What My Nana Taught Me (Part IX): Beauty and My Papaw

Part 1, 2, 3, 4, 5, 6, 7, 8.

I conclude this personal reflection series on beauty.

She Saw Him Well: Beauty and Granny

I must confess that loving love nearly destroyed me and hurt people around me. Beauty was in the eye of the beholder, me, making me a god, but I did not realize it. When my god failed me, I learned to hate myself and this began to breed cynicism toward the world.

A desire for a soul mate swallowed up all my other passions. Calling myself a Romantic, I ended up just bad. The true romantic, the one who loves most abundantly, is driven by duty to his beloved to a profligate passionate to God, the source of love.

Perhaps I am not the only one to make these mistakes and what I learned through pain can help other would be romantics. The beginning of absolute romance was learning to love real Beauty, but before that I had to come to believe it existed. Arguments, experiences, and the Bible forced me to this conclusion and caused me to make Jesus Lord of my aesthetic life, not just my moral life.

My serious, tragic self faced the stark and uncomfortable reality that the truth was happy. School taught me that traditional comedies, the ones my Nana liked, end in weddings and happy-ever-after. By contrast, tragedy ends in death.

My smart friends all bet on tragedy and I did too. We took to wearing Hamlet’s black, and would roll our eyes at comedy. Our grandmothers wisely faced old age in bright floral dresses and enjoyed movies with happy endings. We grew up in the relative comfort of the seventies and the eighties. They grew up in the Depression and faced down Hitler and Stalin cheerfully. They knew what was coming and it was going to be fun and not tragic.

The reality of beauty started making me cynical about my cynicism. After all the best comedies, such as Shakespeare’s Much Ado About Nothing, contain a lot of pain before the fun. What if darkness is prelude to dawn?

Both my grandmothers, Nana and Granny, understood all of this because they lived in a happier time when the reality of goodness, truth, and beauty could be taken for granted. They could not have argued for it, but they lived it.

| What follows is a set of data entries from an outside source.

ghost use Rattle.std.specs.Prelude.{◌≡◌, IfOk, map, string_bytes};
ghost use Rattle.meek_words.specs.Forms.{HasForm};
ghost use Rattle.meek_words.specs.declared.command.Command.{Command};

use crate::spelling::is_spelled;
use crate::{Command, WordsStop, found};
use std::alloc::Global;

/// The command that the words after the program's name say.
///
/// They are first tested to be options and plain words, so that clap, which reads the options, never
/// has a text to print.
pub fn read_words(alloc: Global, words: &[String]) -> Result<Command, WordsStop>
    ensures accepted { IfOk result (HasForm (map string_bytes words.now)) }
    ensures one { (command : Command) → HasForm (map string_bytes words.now) command
        → IfOk result (λ read. read ≡ command) }
    ensures refused { result ≡ Err WordsStop.BadWords
        → (command : Command) → ¬ (HasForm (map string_bytes words.now) command) }
{
    let Some((first, behind)) = words.split_first() else {
        return Err(WordsStop::BadWords);
    };
    if !is_spelled(behind) {
        return Err(WordsStop::BadWords);
    }
    let values = found::values(alloc, behind)?;
    Command::from_values(alloc, first, values)
}
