// What stood at a freeze of a history.
ghost use Rattle.std.specs.Prelude.{◌≡◌, ℕ, ◌≤◌, ◌-◌, All, IfOk, None, Some, replicate, slice_get, true};
ghost use Rattle.plain_ballots.specs.declared.limits.TheConstants.{MOST_CANDIDATES};
ghost use Rattle.batch_core.specs.declared.limits.TheConstants.{LAST_NUMBER};
ghost use Rattle.batch_core.specs.declared.entry.Entry.{Entry};
ghost use Rattle.batch_core.specs.Book.{empty};
ghost use Rattle.batch_core.specs.Histories.{IsLegal, after_all};
ghost use Rattle.day_reader.specs.Call.{is_freeze};
ghost use Rattle.day_reader.specs.Said.{IsAnswerable};
ghost use Rattle.frozen_version.specs.Versions.{StandsIn};
ghost use Rattle.day_sheets.specs.Frozen.{AreFrozen};
ghost use Rattle.day_replay.specs.Places.{ArePlaces, struck_by};

use crate::NoMemory;
use crate::frozen::Frozen;
use crate::packing::pack_placed;
use crate::places::note;
use batch_core::{
    Call, Entry, LAST_NUMBER, Reply, a_book_answers_a_history,
    a_legal_history_has_the_books_replies,
};
use call_register::History;
use frozen_plan::Plans;
use std::alloc::Global;
use std::thread::Threads;

/// What stood at the freeze that is the call of this number, from 1. No ballot of the history is copied but to be packed.
pub fn frozen_at<R: Threads + Sync>(
    rt: &R,
    alloc: Global,
    candidates: u32,
    history: &History,
    at: usize,
) -> Result<Frozen, NoMemory>
    requires candidates { candidates ≤ MOST_CANDIDATES }
    requires legal { IsLegal history.now }
    requires answerable { All (λ e. IsAnswerable candidates e.call) history.now }
    requires some { 1 ≤ at }
    requires freeze { (e : Entry) × (slice_get history.now (at - 1) ≡ Some e) × (is_freeze e.call ≡ true) }
    ensures at { IfOk result (λ version. version.at ≡ at) }
    ensures candidates { IfOk result (λ version. version.candidates ≡ candidates) }
    ensures stands { IfOk result (λ version. StandsIn version history.now) }
{
    a_book_answers_a_history();
    a_legal_history_has_the_books_replies();
    let entries = &history.entries().items()[..at - 1];
    let struck = struck_in(alloc, entries)?;
    let places = places_in(alloc, entries)?;
    let packed = pack_placed(alloc, candidates, entries, places.as_slice())?;
    let plans = Plans::of_packed(rt, alloc, packed, 1, 1)?;
    Ok(Frozen {
        at: at as u64,
        candidates,
        plans,
        struck,
    })
}

/// What stood at each freeze of a history.
pub(crate) fn versions_of<R: Threads + Sync>(
    rt: &R,
    alloc: Global,
    candidates: u32,
    history: &History,
) -> Result<Vec<Frozen>, NoMemory>
    requires candidates { candidates ≤ MOST_CANDIDATES }
    requires legal { IsLegal history.now }
    requires answerable { All (λ e. IsAnswerable candidates e.call) history.now }
    ensures { IfOk result (λ versions. AreFrozen candidates history.now versions.items) }
{
    let mut versions = Vec::new(alloc);
    for (place, entry) in history.entries().items().iter().enumerate() {
        if is_freeze(&entry.call) {
            let version = frozen_at(rt, alloc, candidates, history, place + 1)?;
            versions.push(version)?;
        }
    }
    Ok(versions)
}

/// Whether a call is a freeze.
fn is_freeze(call: &Call) -> bool
    ensures { result ≡ is_freeze call.now }
{
    matches!(call, Call::Freeze)
}

/// Where the ballots of each batch are after these calls.
fn places_in(alloc: Global, entries: &[Entry]) -> Result<Vec<Option<usize>>, NoMemory>
    requires legal { IsLegal entries.now }
    requires answerable { (candidates : ℕ) × All (λ e. IsAnswerable candidates e.call) entries.now }
    ensures { IfOk result (λ places. ArePlaces entries.now places.items) }
{
    a_book_answers_a_history();
    a_legal_history_has_the_books_replies();
    let mut places = no_places(alloc)?;
    for (place, entry) in entries.iter().enumerate() {
        note(&mut places, &entry.call, entry.reply, place);
    }
    Ok(places)
}

/// No place for each batch.
fn no_places(alloc: Global) -> Result<Vec<Option<usize>>, NoMemory>
    ensures { IfOk result (λ places. places.items ≡ replicate LAST_NUMBER None) }
{
    let mut places = Vec::new(alloc);
    for _ in 0..LAST_NUMBER {
        places.push(None)?;
    }
    Ok(places)
}

/// Who is struck by these calls, each once, in the order of their first strikes.
fn struck_in(alloc: Global, entries: &[Entry]) -> Result<Vec<u32>, NoMemory>
    requires { IsLegal entries.now }
    ensures { IfOk result (λ struck. struck.items ≡ (after_all empty entries.now).struck) }
{
    a_book_answers_a_history();
    a_legal_history_has_the_books_replies();
    let mut struck = Vec::new(alloc);
    for entry in entries {
        match struck_by(entry) {
            Some(candidate) => struck.push(candidate)?,
            None => {}
        }
    }
    Ok(struck)
}

/// The candidate whom a call struck, if it struck one.
fn struck_by(entry: &Entry) -> Option<u32>
    ensures { result ≡ struck_by entry.now.call entry.now.reply }
{
    match (&entry.call, entry.reply) {
        (Call::Strike(candidate), Reply::Struck) => Some(*candidate),
        _ => None,
    }
}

My Dad’s mother, Granny, showed me when Papaw died. She was attractive and enjoyed nice clothing, but if I had been looking for romantic advice I would not have talked to her. She seemed more interested in the cleanliness of her floors, than poetry.

The funeral home, in good West Virginia style, held a viewing the night before Papaw was buried. People passed in front of the body and Granny kept worrying about how Papaw did not look like himself. I did not understand her worry.

He had been declining in health for years. His strong body and big hands which had finished his home in oak using only hand tools had become weak. He was a wonderful story teller and natural wit. . . able to do the voices of people he knew at church or at his plant, but by the end became quiet and afraid. His death was not unexpected and caring for him had been hard on my aging grandmother. As a deacon in a church he had helped build, the home was very full . . . even though he had outlived many of his contemporaries. His sunken frame was a challenge for the undertaker.

Friends and family sat in a room filled with over-stuffed chairs that looked comfortable, but were unyielding to the spine. Granny sat surrounded by good folk and enjoyed the comfort of their presence. I was near her and heard one exchange.

“He had grown so weak. It must have been hard on you to care for him. After all, it is a mercy . . .”

Granny’s bent back grew very straight for just a moment and her voice was tight and penetrating, “I would do it all again for years for just one moment with him.”

God help me, but Granny’s words put everything I had ever called love to shame.

The beauty of that moment blots out the rest of the evening. My grandmother was such a plain woman, hard working, and not at all romantic. How could Granny still feel that way about Papaw? She missed his beauty. Granny was not a Romantic, but she had a romance. She believed in God and God showed her beauty.

Papaw was beautiful. She had seen him well and it was I who had seen him badly. It was not just that he was beautiful on the inside. Even I could look into his eyes and see the force of his character and the soul waiting to be born again into Heaven. She could see his withered body and love it. She could see the beauty in old age and I could not.

This is the lesson that my students need to learn as well. They are beautiful . . . just as they are . . . and their doubts and fears about their appearance are part of a lie they have been told.

For me this was another stop in a long thoughtful journey about beauty. . . work Granny would have found unnecessary, like worrying about how to breathe. But I had never learned or had forgotten how to breathe in beauty and turn it to love, so had to begin to teach myself what should have come naturally. Philosophy brought me back to my senses by forcing me to confront the reality of beauty.